**Required work**
Go through the entries one line at a time, and gather every line that has the word "PoolCore".

[Saved data entries]
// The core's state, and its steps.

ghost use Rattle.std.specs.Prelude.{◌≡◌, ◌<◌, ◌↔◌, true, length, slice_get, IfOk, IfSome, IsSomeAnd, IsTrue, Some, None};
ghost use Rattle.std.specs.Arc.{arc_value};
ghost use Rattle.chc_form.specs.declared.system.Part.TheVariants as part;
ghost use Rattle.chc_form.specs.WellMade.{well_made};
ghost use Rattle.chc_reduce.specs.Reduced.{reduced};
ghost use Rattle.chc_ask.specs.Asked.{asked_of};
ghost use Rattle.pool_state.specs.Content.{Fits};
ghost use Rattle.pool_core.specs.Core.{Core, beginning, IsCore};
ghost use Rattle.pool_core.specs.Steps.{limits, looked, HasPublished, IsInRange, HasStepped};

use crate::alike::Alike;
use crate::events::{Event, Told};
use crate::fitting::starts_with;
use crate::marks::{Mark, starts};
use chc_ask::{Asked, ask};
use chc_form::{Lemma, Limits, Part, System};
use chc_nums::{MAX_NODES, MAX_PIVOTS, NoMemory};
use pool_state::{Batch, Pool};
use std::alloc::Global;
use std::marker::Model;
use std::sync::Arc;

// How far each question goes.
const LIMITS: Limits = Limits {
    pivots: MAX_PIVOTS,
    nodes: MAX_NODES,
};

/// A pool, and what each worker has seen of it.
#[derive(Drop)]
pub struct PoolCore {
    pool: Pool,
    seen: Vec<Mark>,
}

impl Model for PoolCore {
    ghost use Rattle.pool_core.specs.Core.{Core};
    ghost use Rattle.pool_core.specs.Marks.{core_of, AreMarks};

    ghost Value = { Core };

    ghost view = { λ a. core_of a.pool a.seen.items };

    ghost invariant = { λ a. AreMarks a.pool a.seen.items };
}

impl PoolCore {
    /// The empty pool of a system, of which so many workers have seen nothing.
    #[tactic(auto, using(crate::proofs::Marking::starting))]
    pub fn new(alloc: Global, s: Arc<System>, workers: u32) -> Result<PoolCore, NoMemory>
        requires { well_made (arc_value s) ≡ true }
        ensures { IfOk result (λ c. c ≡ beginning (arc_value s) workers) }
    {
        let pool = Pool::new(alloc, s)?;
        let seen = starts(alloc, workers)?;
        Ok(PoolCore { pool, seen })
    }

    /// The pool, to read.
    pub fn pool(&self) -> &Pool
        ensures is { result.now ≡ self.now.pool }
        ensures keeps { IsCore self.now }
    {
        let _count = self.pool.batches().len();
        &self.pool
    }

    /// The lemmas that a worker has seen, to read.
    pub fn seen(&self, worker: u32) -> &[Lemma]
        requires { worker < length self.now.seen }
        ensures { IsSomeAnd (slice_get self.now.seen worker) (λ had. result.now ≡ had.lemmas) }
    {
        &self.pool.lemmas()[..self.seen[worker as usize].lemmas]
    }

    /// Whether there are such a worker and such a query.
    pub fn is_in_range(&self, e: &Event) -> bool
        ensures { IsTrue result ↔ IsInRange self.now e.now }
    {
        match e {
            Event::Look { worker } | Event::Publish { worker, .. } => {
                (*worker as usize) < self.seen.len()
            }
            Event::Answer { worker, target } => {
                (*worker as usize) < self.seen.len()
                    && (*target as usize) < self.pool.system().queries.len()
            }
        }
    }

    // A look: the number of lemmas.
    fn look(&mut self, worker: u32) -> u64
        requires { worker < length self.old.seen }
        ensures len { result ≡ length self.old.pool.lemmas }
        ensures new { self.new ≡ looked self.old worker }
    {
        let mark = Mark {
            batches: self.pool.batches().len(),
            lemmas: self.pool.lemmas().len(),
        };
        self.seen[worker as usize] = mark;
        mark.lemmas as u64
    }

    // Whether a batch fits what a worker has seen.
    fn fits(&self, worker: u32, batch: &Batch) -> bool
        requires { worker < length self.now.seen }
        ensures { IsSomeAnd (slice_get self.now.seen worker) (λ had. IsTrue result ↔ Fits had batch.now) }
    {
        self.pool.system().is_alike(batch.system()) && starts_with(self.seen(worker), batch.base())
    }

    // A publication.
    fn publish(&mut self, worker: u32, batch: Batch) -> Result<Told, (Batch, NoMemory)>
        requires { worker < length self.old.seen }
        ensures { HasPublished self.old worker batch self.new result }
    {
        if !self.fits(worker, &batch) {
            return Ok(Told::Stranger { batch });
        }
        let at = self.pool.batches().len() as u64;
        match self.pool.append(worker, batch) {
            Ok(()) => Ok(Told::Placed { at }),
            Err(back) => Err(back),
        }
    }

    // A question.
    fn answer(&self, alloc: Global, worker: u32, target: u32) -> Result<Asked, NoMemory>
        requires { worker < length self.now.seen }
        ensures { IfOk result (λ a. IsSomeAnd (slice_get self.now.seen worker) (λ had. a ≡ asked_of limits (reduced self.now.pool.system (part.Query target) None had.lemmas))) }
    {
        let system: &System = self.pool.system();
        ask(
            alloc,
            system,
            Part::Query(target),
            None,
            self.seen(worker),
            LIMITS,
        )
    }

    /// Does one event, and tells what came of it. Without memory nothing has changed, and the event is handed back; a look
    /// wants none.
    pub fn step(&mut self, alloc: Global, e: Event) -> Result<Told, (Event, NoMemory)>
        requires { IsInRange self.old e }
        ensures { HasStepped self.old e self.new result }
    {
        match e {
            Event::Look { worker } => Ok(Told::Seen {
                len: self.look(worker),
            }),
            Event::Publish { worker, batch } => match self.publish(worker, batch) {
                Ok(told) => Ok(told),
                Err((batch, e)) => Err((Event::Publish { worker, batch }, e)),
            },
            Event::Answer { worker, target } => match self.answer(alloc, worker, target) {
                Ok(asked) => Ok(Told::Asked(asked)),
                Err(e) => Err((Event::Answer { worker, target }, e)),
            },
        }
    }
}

**Your solution**
pub struct PoolCore {
impl Model for PoolCore {
impl PoolCore {
    pub fn new(alloc: Global, s: Arc<System>, workers: u32) -> Result<PoolCore, NoMemory>
        Ok(PoolCore { pool, seen })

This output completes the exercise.